* Work task: Using the material below, return exactly the lines between the one holding "fn calls_with_bad_wires_change_nothing(rt: HostRuntime)" and the one holding "for a in [0, 1]", inclusive, and no others.

Top of Available data

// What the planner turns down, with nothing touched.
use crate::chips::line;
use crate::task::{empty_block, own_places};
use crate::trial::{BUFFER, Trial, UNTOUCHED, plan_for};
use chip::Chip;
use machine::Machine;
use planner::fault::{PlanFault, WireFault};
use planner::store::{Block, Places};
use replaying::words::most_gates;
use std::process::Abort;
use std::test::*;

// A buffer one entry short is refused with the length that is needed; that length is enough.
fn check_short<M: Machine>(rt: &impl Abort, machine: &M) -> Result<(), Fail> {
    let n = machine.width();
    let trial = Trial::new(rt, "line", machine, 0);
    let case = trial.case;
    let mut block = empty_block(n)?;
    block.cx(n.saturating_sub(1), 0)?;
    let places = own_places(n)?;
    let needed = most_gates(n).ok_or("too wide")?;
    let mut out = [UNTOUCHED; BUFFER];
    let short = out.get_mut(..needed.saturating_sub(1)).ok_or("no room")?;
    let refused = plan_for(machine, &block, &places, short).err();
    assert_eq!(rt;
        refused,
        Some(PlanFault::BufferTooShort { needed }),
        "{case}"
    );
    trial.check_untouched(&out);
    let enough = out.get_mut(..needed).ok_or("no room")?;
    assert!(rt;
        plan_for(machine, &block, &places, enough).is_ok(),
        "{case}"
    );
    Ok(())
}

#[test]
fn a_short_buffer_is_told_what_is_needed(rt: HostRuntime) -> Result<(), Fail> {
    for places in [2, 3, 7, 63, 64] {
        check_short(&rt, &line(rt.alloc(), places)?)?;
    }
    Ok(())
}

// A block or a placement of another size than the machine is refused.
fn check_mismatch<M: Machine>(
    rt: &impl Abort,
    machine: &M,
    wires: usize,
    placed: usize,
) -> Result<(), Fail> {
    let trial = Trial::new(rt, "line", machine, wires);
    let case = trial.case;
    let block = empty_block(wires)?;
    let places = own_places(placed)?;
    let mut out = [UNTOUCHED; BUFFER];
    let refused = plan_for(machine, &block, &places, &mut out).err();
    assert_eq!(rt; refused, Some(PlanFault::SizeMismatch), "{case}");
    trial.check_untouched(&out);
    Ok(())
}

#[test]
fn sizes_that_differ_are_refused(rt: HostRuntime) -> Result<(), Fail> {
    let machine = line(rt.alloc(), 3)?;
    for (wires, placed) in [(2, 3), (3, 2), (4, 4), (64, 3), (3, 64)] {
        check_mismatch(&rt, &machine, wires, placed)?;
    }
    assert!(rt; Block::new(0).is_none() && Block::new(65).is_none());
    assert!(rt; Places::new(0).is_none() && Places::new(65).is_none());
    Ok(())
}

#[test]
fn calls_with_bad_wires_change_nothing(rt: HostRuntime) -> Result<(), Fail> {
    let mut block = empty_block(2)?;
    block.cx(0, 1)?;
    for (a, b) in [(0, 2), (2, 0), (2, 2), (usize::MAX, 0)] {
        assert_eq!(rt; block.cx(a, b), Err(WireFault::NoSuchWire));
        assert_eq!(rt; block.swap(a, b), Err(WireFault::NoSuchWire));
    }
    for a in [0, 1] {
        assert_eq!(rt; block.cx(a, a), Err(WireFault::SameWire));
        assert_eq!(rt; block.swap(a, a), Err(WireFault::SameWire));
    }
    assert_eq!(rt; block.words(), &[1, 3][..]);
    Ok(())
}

Bottom of Available data
Top of Available data

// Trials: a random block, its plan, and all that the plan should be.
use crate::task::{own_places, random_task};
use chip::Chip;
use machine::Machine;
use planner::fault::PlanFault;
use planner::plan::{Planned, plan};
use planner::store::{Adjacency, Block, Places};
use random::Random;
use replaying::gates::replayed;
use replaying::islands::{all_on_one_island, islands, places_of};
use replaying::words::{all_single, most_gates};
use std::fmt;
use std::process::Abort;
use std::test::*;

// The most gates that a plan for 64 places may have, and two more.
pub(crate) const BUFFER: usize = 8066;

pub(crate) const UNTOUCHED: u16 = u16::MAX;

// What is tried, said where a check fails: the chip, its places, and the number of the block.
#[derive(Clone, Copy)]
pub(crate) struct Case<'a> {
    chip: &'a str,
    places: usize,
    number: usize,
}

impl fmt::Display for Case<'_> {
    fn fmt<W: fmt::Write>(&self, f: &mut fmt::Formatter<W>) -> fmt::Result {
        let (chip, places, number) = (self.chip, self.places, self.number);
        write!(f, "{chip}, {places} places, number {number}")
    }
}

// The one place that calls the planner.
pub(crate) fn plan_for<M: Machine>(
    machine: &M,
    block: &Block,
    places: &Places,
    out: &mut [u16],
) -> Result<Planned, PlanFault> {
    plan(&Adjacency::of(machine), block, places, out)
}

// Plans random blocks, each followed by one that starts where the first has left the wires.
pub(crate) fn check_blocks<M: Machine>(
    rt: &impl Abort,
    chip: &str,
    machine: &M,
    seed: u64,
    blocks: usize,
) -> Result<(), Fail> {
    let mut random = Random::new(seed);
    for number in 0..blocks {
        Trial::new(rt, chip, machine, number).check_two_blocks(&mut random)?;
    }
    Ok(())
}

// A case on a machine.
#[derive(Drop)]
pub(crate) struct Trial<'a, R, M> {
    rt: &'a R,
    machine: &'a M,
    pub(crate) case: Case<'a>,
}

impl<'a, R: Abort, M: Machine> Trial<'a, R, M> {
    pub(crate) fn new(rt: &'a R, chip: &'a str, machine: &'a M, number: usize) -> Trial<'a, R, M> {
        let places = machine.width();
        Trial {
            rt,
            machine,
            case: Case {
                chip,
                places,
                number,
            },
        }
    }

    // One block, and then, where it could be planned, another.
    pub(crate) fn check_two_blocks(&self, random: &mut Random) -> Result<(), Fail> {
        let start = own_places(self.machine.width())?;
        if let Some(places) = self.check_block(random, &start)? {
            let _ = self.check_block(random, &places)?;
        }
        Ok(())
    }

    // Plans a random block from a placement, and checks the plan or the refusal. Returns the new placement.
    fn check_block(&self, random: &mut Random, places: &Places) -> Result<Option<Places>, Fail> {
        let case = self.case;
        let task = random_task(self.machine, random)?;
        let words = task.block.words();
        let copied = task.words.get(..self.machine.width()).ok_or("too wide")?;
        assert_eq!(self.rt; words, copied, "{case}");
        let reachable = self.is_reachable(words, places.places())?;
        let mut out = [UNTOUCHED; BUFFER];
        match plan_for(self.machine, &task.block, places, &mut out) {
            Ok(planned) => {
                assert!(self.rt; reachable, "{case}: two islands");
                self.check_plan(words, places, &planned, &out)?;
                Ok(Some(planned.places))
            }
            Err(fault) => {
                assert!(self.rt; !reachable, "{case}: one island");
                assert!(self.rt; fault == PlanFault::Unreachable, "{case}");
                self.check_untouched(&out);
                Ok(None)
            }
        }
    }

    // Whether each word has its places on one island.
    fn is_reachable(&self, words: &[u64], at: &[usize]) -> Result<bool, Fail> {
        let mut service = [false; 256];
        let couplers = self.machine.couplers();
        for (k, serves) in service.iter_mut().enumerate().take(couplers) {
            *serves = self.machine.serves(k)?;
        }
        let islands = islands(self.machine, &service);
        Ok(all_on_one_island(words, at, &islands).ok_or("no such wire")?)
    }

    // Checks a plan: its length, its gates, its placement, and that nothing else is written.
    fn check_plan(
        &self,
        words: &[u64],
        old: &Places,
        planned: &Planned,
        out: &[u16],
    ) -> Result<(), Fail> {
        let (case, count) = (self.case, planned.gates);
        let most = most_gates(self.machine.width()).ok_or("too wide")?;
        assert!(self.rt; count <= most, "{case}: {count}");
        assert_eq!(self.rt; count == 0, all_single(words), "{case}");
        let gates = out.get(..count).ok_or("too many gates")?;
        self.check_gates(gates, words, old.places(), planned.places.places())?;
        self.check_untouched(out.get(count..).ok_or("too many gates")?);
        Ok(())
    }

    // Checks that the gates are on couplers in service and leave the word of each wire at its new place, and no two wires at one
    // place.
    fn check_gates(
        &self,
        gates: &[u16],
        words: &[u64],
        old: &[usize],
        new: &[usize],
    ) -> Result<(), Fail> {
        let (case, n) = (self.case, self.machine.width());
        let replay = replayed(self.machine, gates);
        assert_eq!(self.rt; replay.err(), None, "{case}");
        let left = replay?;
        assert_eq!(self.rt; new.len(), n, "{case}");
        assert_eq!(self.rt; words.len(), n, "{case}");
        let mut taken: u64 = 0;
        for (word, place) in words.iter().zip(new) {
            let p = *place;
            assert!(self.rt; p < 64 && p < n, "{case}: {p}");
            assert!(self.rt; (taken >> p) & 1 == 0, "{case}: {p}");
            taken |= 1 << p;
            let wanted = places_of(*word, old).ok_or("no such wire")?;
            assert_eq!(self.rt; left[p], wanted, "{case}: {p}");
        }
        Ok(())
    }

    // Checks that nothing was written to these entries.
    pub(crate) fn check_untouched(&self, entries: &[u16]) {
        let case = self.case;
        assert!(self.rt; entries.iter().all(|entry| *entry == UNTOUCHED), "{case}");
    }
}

Bottom of Available data
Top of Available data

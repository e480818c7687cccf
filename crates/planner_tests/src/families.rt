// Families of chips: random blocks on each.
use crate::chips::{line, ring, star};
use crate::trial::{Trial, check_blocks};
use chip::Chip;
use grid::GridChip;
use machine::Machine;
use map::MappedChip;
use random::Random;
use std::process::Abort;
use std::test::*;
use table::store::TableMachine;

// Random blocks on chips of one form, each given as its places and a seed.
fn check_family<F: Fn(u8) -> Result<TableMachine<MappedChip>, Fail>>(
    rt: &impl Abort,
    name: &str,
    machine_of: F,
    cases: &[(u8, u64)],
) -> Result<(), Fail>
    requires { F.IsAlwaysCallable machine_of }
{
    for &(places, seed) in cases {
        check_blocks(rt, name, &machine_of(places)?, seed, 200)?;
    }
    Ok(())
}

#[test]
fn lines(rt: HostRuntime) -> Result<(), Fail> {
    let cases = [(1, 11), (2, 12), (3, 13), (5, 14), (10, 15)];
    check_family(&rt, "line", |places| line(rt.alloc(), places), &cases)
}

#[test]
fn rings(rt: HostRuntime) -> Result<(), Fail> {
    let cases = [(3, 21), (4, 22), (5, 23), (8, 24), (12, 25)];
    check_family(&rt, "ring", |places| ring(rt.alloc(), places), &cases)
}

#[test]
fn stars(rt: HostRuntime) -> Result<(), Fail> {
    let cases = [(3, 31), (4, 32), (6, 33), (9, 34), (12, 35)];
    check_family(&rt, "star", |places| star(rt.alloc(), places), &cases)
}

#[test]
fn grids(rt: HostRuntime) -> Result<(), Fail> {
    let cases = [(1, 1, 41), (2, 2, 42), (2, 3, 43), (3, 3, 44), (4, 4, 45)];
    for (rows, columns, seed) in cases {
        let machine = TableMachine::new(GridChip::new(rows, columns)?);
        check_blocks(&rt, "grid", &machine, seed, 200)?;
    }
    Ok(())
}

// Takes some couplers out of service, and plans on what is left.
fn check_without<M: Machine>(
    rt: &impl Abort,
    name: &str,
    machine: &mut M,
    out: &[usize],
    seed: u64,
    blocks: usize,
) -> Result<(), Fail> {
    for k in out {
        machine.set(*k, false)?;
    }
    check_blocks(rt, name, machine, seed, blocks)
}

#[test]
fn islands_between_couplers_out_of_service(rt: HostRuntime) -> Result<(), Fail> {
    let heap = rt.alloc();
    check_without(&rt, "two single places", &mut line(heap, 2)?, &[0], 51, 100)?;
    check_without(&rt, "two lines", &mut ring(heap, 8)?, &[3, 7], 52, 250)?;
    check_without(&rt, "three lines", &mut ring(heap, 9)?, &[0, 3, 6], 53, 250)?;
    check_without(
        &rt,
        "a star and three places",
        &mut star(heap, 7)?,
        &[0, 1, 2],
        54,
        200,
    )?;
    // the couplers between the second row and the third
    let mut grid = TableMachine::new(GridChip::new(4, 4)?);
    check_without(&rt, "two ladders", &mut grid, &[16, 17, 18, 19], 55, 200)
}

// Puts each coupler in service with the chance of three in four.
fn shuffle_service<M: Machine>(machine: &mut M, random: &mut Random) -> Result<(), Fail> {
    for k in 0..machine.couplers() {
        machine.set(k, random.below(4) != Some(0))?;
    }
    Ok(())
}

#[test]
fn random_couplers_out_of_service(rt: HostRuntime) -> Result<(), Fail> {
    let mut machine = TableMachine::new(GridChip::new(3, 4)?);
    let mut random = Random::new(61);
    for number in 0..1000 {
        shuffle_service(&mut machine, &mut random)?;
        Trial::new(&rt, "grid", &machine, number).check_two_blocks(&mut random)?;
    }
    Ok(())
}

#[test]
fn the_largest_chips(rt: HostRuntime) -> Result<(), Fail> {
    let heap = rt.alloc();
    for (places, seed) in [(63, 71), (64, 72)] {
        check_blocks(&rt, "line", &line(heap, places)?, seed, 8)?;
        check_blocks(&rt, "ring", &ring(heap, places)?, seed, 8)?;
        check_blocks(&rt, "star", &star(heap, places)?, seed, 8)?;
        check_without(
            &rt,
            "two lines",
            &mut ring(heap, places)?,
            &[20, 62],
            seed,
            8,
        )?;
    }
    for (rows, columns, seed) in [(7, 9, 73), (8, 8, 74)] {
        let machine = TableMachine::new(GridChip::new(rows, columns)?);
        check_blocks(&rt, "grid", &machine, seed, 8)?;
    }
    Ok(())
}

Bottom of Available data

* Result below:
fn calls_with_bad_wires_change_nothing(rt: HostRuntime) -> Result<(), Fail> {
    let mut block = empty_block(2)?;
    block.cx(0, 1)?;
    for (a, b) in [(0, 2), (2, 0), (2, 2), (usize::MAX, 0)] {
        assert_eq!(rt; block.cx(a, b), Err(WireFault::NoSuchWire));
        assert_eq!(rt; block.swap(a, b), Err(WireFault::NoSuchWire));
    }
    for a in [0, 1] {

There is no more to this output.